Hi Paul, my previous post was hasty due to rushing out. See if this makes sense.
I only use the trig formula, basically as yours but with three variations of phi handling. I had difficulty with the trig version roots initially, because treating the roots independently is not quite reversible due to spherical coordinates being a double cover if phi goes beyond pi (which it does when calculating powers greater than 1). To get equivalence to a forward iteration method requires some parity correction by pi to get the root in the right hemisphere of theta. It took some experiment and thought to get the two correct variations working.
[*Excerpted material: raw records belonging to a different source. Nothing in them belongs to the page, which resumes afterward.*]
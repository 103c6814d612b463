//! The subcommand `check`: whether a file is one item.

ghost use Rattle.std.specs.Prelude.{◌≡◌, ◌≢◌, true, false, OnOk, IfOk, IfErr};
ghost use Rattle.std.specs.Io.KnownBytes.{Appends};
ghost use Rattle.cbor_head.specs.Verdict.{refusal};
ghost use Rattle.cbor_head.specs.declared.reason.Reason.TheVariants as reasons;
ghost use Rattle.cbor_reader.specs.WholeItem.{IsItemRefusal};
ghost use Rattle.cborc_commands.specs.Fault.{IsOfInput};
ghost use Rattle.cborc_commands.specs.Rules.{rules_of};
ghost use Rattle.cborc_commands.specs.inner.NotWritten.{IsNotTaken};
ghost use Rattle.cborc_commands.specs.Check.{accepted_bytes, IsWhole, IsChecked, IsNotChecked};
ghost use Rattle.cborc_commands.specs.Check.{IsNoWholeInput};
ghost use Rattle.cborc_commands.specs.inner.WholeInput.{IsWholeInput};
ghost use Rattle.cborc_files.specs.Folder.{KeepsFiles};

use crate::check_parts::strict_size;
use crate::fault::Fault;
use crate::first_item::Scratch;
use crate::input::{Judge, read_item};
use cbor_head::{Limits, Refusal};
use cbor_item::write_whole;
use cborc_files::Folder;
use cborc_words::{Accepted, Options};
use std::alloc::Global;
use std::io::Write;

/// What is kept of an input when its verdict is known.
#[derive(Clone, Copy)]
pub enum Retention {
    /// The first bytes, with the refused item: an explanation shows them.
    Item,
    /// Nothing, so that an item may be larger than the memory.
    Nothing,
}

/// Writes the number of bytes of the item in the file `source` to `out`.
pub fn check<'a, F: Folder, O: Write>(
    alloc: Global,
    files: &mut F,
    out: &mut O,
    source: &'a str,
    accepted: Accepted,
    options: Options,
    retention: Retention,
) -> Result<(), Fault<'a>>
    ensures reported { OnOk result (IsChecked (rules_of accepted) options source.now
        (F.held files.old) (Appends (O.contents out.old) (O.contents out.new))) }
    ensures fault { IfErr result
        (IsNotChecked (rules_of accepted) options source.now (F.held files.old)
        (O.contents out.old) (O.contents out.new)) }
    ensures silent { IfErr result (λ fault. fault ≢ Fault.CannotPrint → out.new ≡ out.old) }
    ensures keeps { KeepsFiles (F.held files.old) (F.held files.new) }
    ensures same { F.forwards_to files.new ≡ F.forwards_to files.old }
{
    let size = match (accepted, retention) {
        (Accepted::Canonical(order), Retention::Nothing) => {
            strict_size(alloc, files, source, order, options)?
        }
        _ => size_of_input(alloc, files, source, accepted, options)?,
    };
    report(alloc, out, size)
}

// The number of bytes of the item that the input at this path is.
fn size_of_input<'a, F: Folder>(
    alloc: Global,
    files: &mut F,
    source: &'a str,
    accepted: Accepted,
    options: Options,
) -> Result<u64, Fault<'a>>
    ensures whole { IfOk result
        (IsWholeInput (rules_of accepted) options source.now (F.held files.old)) }
    ensures fault { IfErr result
        (IsNoWholeInput (rules_of accepted) options source.now (F.held files.old)) }
    ensures keeps { KeepsFiles (F.held files.old) (F.held files.new) }
    ensures same { F.forwards_to files.new ≡ F.forwards_to files.old }
{
    let limits = options.limits;
    let bytes = read_item(alloc, files, source, Judge::Item(accepted), options)?;
    let mut scratch = Scratch::new(alloc);
    let size = size_of_item(&mut scratch, bytes.as_slice(), accepted, limits)?;
    Ok(size)
}

// Writes the line of an accepted item, with its number of bytes.
fn report<'a, O: Write>(alloc: Global, out: &mut O, size: u64) -> Result<(), Fault<'a>>
    ensures reported { OnOk result
        (Appends (O.contents out.old) (O.contents out.new) (accepted_bytes size)) }
    ensures fault { IfErr result
        (IsNotTaken (accepted_bytes size) (O.contents out.old) (O.contents out.new)) }
    ensures silent { IfErr result (λ fault. fault ≢ Fault.CannotPrint → out.new ≡ out.old) }
{
    let line = match format!(in alloc; "accepted {size} bytes\n") {
        Ok(line) => line,
        Err(_) => return Err(Fault::Memory),
    };
    match write_whole(out, line.as_bytes()) {
        Ok(()) => Ok(()),
        Err(_) => Err(Fault::CannotPrint),
    }
}

/// The number of bytes of the item that the bytes are. The refusal is the item's, or else `Trailing`.
pub(crate) fn size_of_item(
    scratch: &mut Scratch,
    bytes: &[u8],
    accepted: Accepted,
    limits: Limits,
) -> Result<u64, Refusal>
    ensures whole { IfOk result (IsWhole limits (rules_of accepted) bytes.now) }
    ensures refused { IfErr result (λ f. IsOfInput f.reason
        → IsItemRefusal limits (rules_of accepted) bytes.now f) }
{
    let size = scratch.size_at_start(bytes, accepted, limits)?;
    all_of(size, size == bytes.len() as u64)
}

/// The size of the first item of an input, if the item is all of it. Else the refusal is `Trailing`.
pub(crate) fn all_of(size: u64, is_all: bool) -> Result<u64, Refusal>
    ensures all { IfOk result (λ n. (n ≡ size) × (is_all ≡ true)) }
    ensures followed { IfErr result (λ f. (f ≡ refusal reasons.Trailing size size) × (is_all ≡ false)) }
{
    if is_all {
        Ok(size)
    } else {
        Err(Refusal::trailing(size))
    }
}
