//! The strict check of an input as it is read.

ghost use Rattle.std.specs.Prelude.{◌≡◌, IfOk, IfErr};
ghost use Rattle.cbor_head.specs.Complaint.{strict};
ghost use Rattle.cborc_commands.specs.Check.{IsNoWholeInput};
ghost use Rattle.cborc_commands.specs.inner.WholeInput.{IsWholeInput, IsWholeFrom, IsNoWholeFrom};
ghost use Rattle.cborc_files.specs.Folder.{KeepsFiles};

use crate::check::{all_of, size_of_item};
use crate::fault::Fault;
use crate::first_item::Scratch;
use crate::input::first;
use crate::input_parts::Parts;
use cbor_head::{KeyOrder, Reason, Refusal};
use cbor_stream::{Out, StrictMachine};
use cborc_files::Folder;
use cborc_words::{Accepted, Options};
use std::alloc::Global;

/// The number of bytes of the item whose canonical bytes the input at this path is. An input that is
/// longer than the first read is checked as it is read, so an item may be larger than the memory.
pub fn strict_size<'a, F: Folder>(
    alloc: Global,
    files: &mut F,
    path: &'a str,
    order: KeyOrder,
    options: Options,
) -> Result<u64, Fault<'a>>
    ensures whole { IfOk result
        (IsWholeInput (strict order) options path.now (F.held files.old)) }
    ensures fault { IfErr result
        (IsNoWholeInput (strict order) options path.now (F.held files.old)) }
    ensures keeps { KeepsFiles (F.held files.old) (F.held files.new) }
    ensures same { F.forwards_to files.new ≡ F.forwards_to files.old }
{
    let limits = options.limits;
    let least = first(options.hex, limits);
    let parts = Parts::open(alloc, files, path, options.hex, least)?;
    if parts.goes_on() {
        return size_in_parts(alloc, files, path, parts, order, options);
    }
    let mut scratch = Scratch::new(alloc);
    let accepted = Accepted::Canonical(order);
    let size = size_of_item(&mut scratch, parts.rest(), accepted, limits)?;
    Ok(size)
}

// The same of an input whose first part was read. This is a function of its own so that the machine
// is not on the stack while a short input is checked.
#[inline(never)]
fn size_in_parts<'a, F: Folder>(
    alloc: Global,
    files: &mut F,
    path: &'a str,
    parts: Parts,
    order: KeyOrder,
    options: Options,
) -> Result<u64, Fault<'a>>
    ensures whole { IfOk result
        (IsWholeFrom (strict order) options path.now (F.held files.old) parts) }
    ensures fault { IfErr result
        (IsNoWholeFrom (strict order) options path.now (F.held files.old) parts) }
    ensures keeps { KeepsFiles (F.held files.old) (F.held files.new) }
    ensures same { F.forwards_to files.new ≡ F.forwards_to files.old }
{
    let mut parts = parts;
    let mut machine = StrictMachine::new(alloc, options.limits, order);
    'parts: loop {
        let step = machine.check(parts.rest());
        parts.take(step.used);
        match step.out {
            Out::Refused(refusal) => {
                parts.finish(alloc, files, path)?;
                return Err(Fault::from(refusal));
            }
            Out::Done => {
                if !parts.is_spent() {
                    let size = parts.start() as u64;
                    let rest = parts.finish(alloc, files, path)?;
                    let size = all_of(size, rest.is_empty())?;
                    return Ok(size);
                }
            }
            Out::More | Out::Event(_) => {
                if !parts.goes_on() {
                    let cut = Refusal::at(Reason::Truncated, machine.taken());
                    return Err(Fault::from(cut));
                }
            }
        }
        parts.read_on(alloc, files, path)?;
    }
}
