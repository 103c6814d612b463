//! The theory of verdicts: what the bytes of an item so far decide about it, for any rules (RFC
//! 8949, section 5.3).
//!
//! Proofs of every parser and reader use it; its only call is a law, in [`laws`]. `Judged` says
//! what some bytes decide about an item that starts with them: its first complaint, or none so far.
//! `Place` is the position in an item between two events, `Path` the position in a parse of a
//! slice. `Stop` says why a parse stops, and `Refusals` and `Readers` what is returned for the item
//! at the start of an input.
#![tactic(auto)]

pub mod laws;
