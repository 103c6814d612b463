//! `canon` over files in memory.

ghost use Rattle.std.specs.Prelude.{◌≡◌, ◌≢◌, ℕ, List, OnOk, OnErr, IfErr, false};
ghost use Rattle.cborc_commands.specs.Canon.{HoldsCanonical, IsNotHeld};
ghost use Rattle.cborc_files.specs.Folder.{is_stream};
ghost use Rattle.cborc_files.specs.InMemory.{files_of};

use crate::canon::canon;
use crate::fault::Fault;
use cbor_head::{KeyOrder, Limits};
use cborc_files::FilesInMemory;
use cborc_words::{Form, Options, Output};
use std::alloc::Global;
use std::io;

/// Creates the file `target`, or replaces it, with the canonical bytes of the item in the file
/// `source`. Both may be the same file.
pub fn canon_in_memory<'a>(
    alloc: Global,
    files: &mut FilesInMemory,
    source: &'a str,
    target: &'a str,
    order: KeyOrder,
    limits: Limits,
) -> Result<(), Fault<'a>>
    ensures written { OnOk result (is_stream target.now ≡ false
        → HoldsCanonical limits order (files_of files.old source.now) (files_of files.new target.now)) }
    ensures others { OnOk result ((other : List ℕ) → other ≢ target.now
        → files_of files.new other ≡ files_of files.old other) }
    ensures fault { IfErr result (IsNotHeld limits order (files_of files.old) source.now target.now) }
    ensures untouched { OnErr result ((path : List ℕ) → files_of files.new path ≡ files_of files.old path) }
{
    let output = Output {
        path: target,
        form: Form::Raw,
    };
    let options = Options { limits, hex: false };
    canon(
        alloc,
        files,
        &mut io::sink(),
        source,
        output,
        order,
        options,
    )
}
When I wrote "using Abs(power) in appropriate places," I meant in setting the rootlimit and number of branches, and the multiplier for dp, so those all handle negative powers as is. The trig formulas don't need any special handling for negative power.
In my code I've dropped the root validity checking as I've given up on fractional powers, but rootlimit is still used for
some angle choices because it works. The following is pseudocode for clarity. (Delphi uses := for assignment, and I have some optimizations such as precomputing invpower, and computing sin and cos in a single sincos function.)
So I have, in all cases:
NumBranches = ceil(abs(power));
Numchoices = sqr(numbranches);
rootlimit= abs(power)*pi;
// ktheta and kphi are independent choices, from 0 to numbranches-1
r = sqrt(sqr(x)+sqr(y)+sqr(z));
theta= arctan2(y,x);
theta= theta + 2pi*(ktheta - floor((theta+rootlimit)/2pi);
then, for standard triplex:
theta= theta + kphi*pi; // a correction to get the parity of theta right
phi = arcsin(z/r);
if phi>0 then phi= phi - kphi*pi else phi= phi + kphi*pi;
theta= theta/power;
phi= phi/power;
r= r^(1/power);
x= r*cos(theta)*cos(phi);
y= r*sin(theta)*cos(phi);
// but for the inverse, z=-sin(phi) doesn't work. To get both hemispheres, need to compare new and old z
newz= r*sin(phi);
if newz*z>0 then newz= -newz;
or, for my variation of the z=cos(phi) triplex (the simple one with some flipped roots):
phi = arccos(z/r);
phi= phi + 2pi*(kphi - floor((phi+rootlimit)/2pi);
theta= theta/power;
phi= phi/power;
r= r^(1/power);
x= r*cos(theta)*sin(phi);
y= r*sin(theta)*sin(phi);
z= r*cos(phi);
or, for the "true" z=cos(phi) triplex:
theta= theta + kphi*pi;
phi = arccos(z/r);
phi= phi + 2pi*kphi;
theta= theta/power;
phi= phi/power;
r= r^(1/power);
x= r*cos(theta)*sin(phi);
y= r*sin(theta)*sin(phi);
z= r*cos(phi);
There may be a purer way to get the standard triplex working but I tried hard without success, so if you do find one, please post it.